Error logging capability: (0x01)	Error logging supported.
					General Purpose Logging supported.
Short self-test routine
recommended polling time: ( 2) minutes.
Extended self-test routine
recommended polling time: ( 255) minutes.
Conveyance self-test routine
recommended polling time: ( 5) minutes.
SCT capabilities: (0x70b5)	SCT Status supported.
					SCT Feature Control supported.
					SCT Data Table supported.

SMART Attributes Data Structure revision number: 16
Vendor Specific SMART Attributes with Thresholds:
ID# ATTRIBUTE_NAME FLAG VALUE WORST THRESH TYPE UPDATED WHEN_FAILED RAW_VALUE
  1 Raw_Read_Error_Rate 0x002f 200 200 051 Pre-fail Always - 0
  3 Spin_Up_Time 0x0027 219 178 021 Pre-fail Always - 4016
  4 Start_Stop_Count 0x0032 100 100 000 Old_age Always - 42
  5 Reallocated_Sector_Ct 0x0033 200 200 140 Pre-fail Always - 0
  7 Seek_Error_Rate 0x002e 200 200 000 Old_age Always - 0
  9 Power_On_Hours 0x0032 100 100 000 Old_age Always - 275
 10 Spin_Retry_Count 0x0032 100 253 000 Old_age Always - 0
 11 Calibration_Retry_Count 0x0032 100 253 000 Old_age Always - 0
 12 Power_Cycle_Count 0x0032 100 100 000 Old_age Always - 42
192 Power-Off_Retract_Count 0x0032 200 200 000 Old_age Always - 17
193 Load_Cycle_Count 0x0032 200 200 000 Old_age Always - 34
194 Temperature_Celsius 0x0022 125 107 000 Old_age Always - 25
196 Reallocated_Event_Count 0x0032 200 200 000 Old_age Always - 0
197 Current_Pending_Sector 0x0032 200 200 000 Old_age Always - 0
198 Offline_Uncorrectable 0x0030 100 253 000 Old_age Offline - 0
199 UDMA_CRC_Error_Count 0x0032 200 200 000 Old_age Always - 0
200 Multi_Zone_Error_Rate 0x0008 200 200 000 Old_age Offline - 0

SMART Error Log Version: 1
ATA Error Count: 4
	CR = Command Register [HEX]
	FR = Features Register [HEX]
	SC = Sector Count Register [HEX]
	SN = Sector Number Register [HEX]
	CL = Cylinder Low Register [HEX]
	CH = Cylinder High Register [HEX]
	DH = Device/Head Register [HEX]
	DC = Device Command Register [HEX]
	ER = Error register [HEX]
	ST = Status register [HEX]
Powered_Up_Time is measured from power on, and printed as
DDd+hh:mm:SS.sss where DD=days, hh=hours, mm=minutes,
SS=sec, and sss=millisec. It "wraps" after 49.710 days.
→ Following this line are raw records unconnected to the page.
//! The motive of the elimination, which selects one of the motives by the tag.
ghost use Rattle.std.specs.Prelude.{◌≤◌, ◌+◌, Ok};
ghost use Rattle.core_terms.specs.Answers.{Gives};
ghost use Rattle.core_terms.specs.Meanings.{tree_of};
ghost use Rattle.mutual_pack.specs.Fitting.{IsNear};
ghost use Rattle.mutual_pack.specs.Inductions as spec;

use crate::packed_family::PackedFamily;
use core_sig::family_at;
use core_terms::{Stop, Term, applied_to_run, variable};
use std::alloc::Global;

/// `S p t`, for a tag t with a level, at a depth.
fn packed_at(alloc: Global, q: PackedFamily, t: u32, depth: u32) -> Result<Term, Stop>
    requires near { IsNear q }
    requires tag { t ≤ 100000 }
    ensures { Gives tree_of result (Ok (spec.packed_at q t depth)) }
{
    family_at(alloc, q.tag + 1, q.params, depth, t, 1)
}

/// `\t. S p t -> Type l`, at a depth.
fn selection_motive(alloc: Global, q: PackedFamily, depth: u32) -> Result<Term, Stop>
    requires near { IsNear q }
    requires depth { depth ≤ 100000 }
    ensures { Gives tree_of result (Ok (spec.selection_motive q depth)) }
{
    let domain = packed_at(alloc, q, depth, depth + 1);
    let body = Term::product_of(alloc, domain, Ok(Term::Sort(q.level)));
    Term::function_of(alloc, Ok(Term::Fam(q.tag)), body)
}

/// `\t s. T!case.(l+1) (\t. S p t -> Type l) P1 .. Pn t s`, where `T!case.(l+1)` is the constant `analysis`, at a depth.
fn selected_motive(alloc: Global, q: PackedFamily, analysis: u32, depth: u32) -> Result<Term, Stop>
    requires near { IsNear q }
    requires depth { depth ≤ 10000 }
    ensures { Gives tree_of result (Ok (spec.selected_motive q analysis depth)) }
{
    let inside = depth + 2;
    let motive = selection_motive(alloc, q, inside);
    let head = Term::application_of(alloc, Ok(Term::Const(analysis)), motive)?;
    let head = applied_to_run(alloc, head, inside, q.params, q.members);
    let head = Term::application_of(alloc, head, Ok(variable(inside, depth)));
    let body = Term::application_of(alloc, head, Ok(variable(inside, depth + 1)));
    let body = Term::function_of(alloc, packed_at(alloc, q, depth, depth + 1), body);
    Term::function_of(alloc, Ok(Term::Fam(q.tag)), body)
}

/// `S!elim.l p (..) methods`, at a depth.
pub fn eliminated(alloc: Global, q: PackedFamily, analysis: u32, depth: u32) -> Result<Term, Stop>
    requires near { IsNear q }
    requires depth { depth ≤ 10000 }
    ensures { Gives tree_of result (Ok (spec.eliminated q analysis depth)) }
{
    let head = applied_to_run(alloc, Term::Elim(q.tag + 1, q.level), depth, 0, q.params);
    let motive = selected_motive(alloc, q, analysis, depth);
    let head = Term::application_of(alloc, head, motive)?;
    applied_to_run(alloc, head, depth, q.params + q.members, q.constructors)
}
Error 4 occurred at disk power-on lifetime: 274 hours (11 days + 10 hours)
  When the command that caused the error occurred, the device was active or idle.

  After command completion occurred, registers were:
  ER ST SC SN CL CH DH
  -- -- -- -- -- -- --
  04 61 00 53 4f c2 20 Device Fault; Error: ABRT

  Commands leading to the command that caused the error were:
  CR FR SC SN CL CH DH DC Powered_Up_Time Command/Feature_Name
  -- -- -- -- -- -- -- -- ---------------- --------------------
  b0 d8 00 00 4f c2 20 00 00:00:12.088 SMART ENABLE OPERATIONS
  ef 03 46 00 00 00 00 00 00:00:12.088 SET FEATURES [Set transfer mode]
  ec 00 00 00 00 00 20 00 00:00:12.087 IDENTIFY DEVICE
  ec 00 00 00 00 00 20 00 00:00:12.086 IDENTIFY DEVICE

Error 3 occurred at disk power-on lifetime: 274 hours (11 days + 10 hours)
  When the command that caused the error occurred, the device was active or idle.

  After command completion occurred, registers were:
  ER ST SC SN CL CH DH
  -- -- -- -- -- -- --
  04 61 00 53 4f c2 20 Device Fault; Error: ABRT

  Commands leading to the command that caused the error were:
  CR FR SC SN CL CH DH DC Powered_Up_Time Command/Feature_Name
  -- -- -- -- -- -- -- -- ---------------- --------------------
  b0 d8 00 00 4f c2 20 00 00:03:25.482 SMART ENABLE OPERATIONS
  ef 03 46 00 00 00 00 00 00:03:25.482 SET FEATURES [Set transfer mode]
  ec 00 00 00 00 00 20 00 00:03:25.482 IDENTIFY DEVICE
  ec 00 00 00 00 00 20 00 00:03:25.480 IDENTIFY DEVICE
  b0 d8 00 00 4f c2 20 00 00:02:44.579 SMART ENABLE OPERATIONS

Error 2 occurred at disk power-on lifetime: 274 hours (11 days + 10 hours)
  When the command that caused the error occurred, the device was active or idle.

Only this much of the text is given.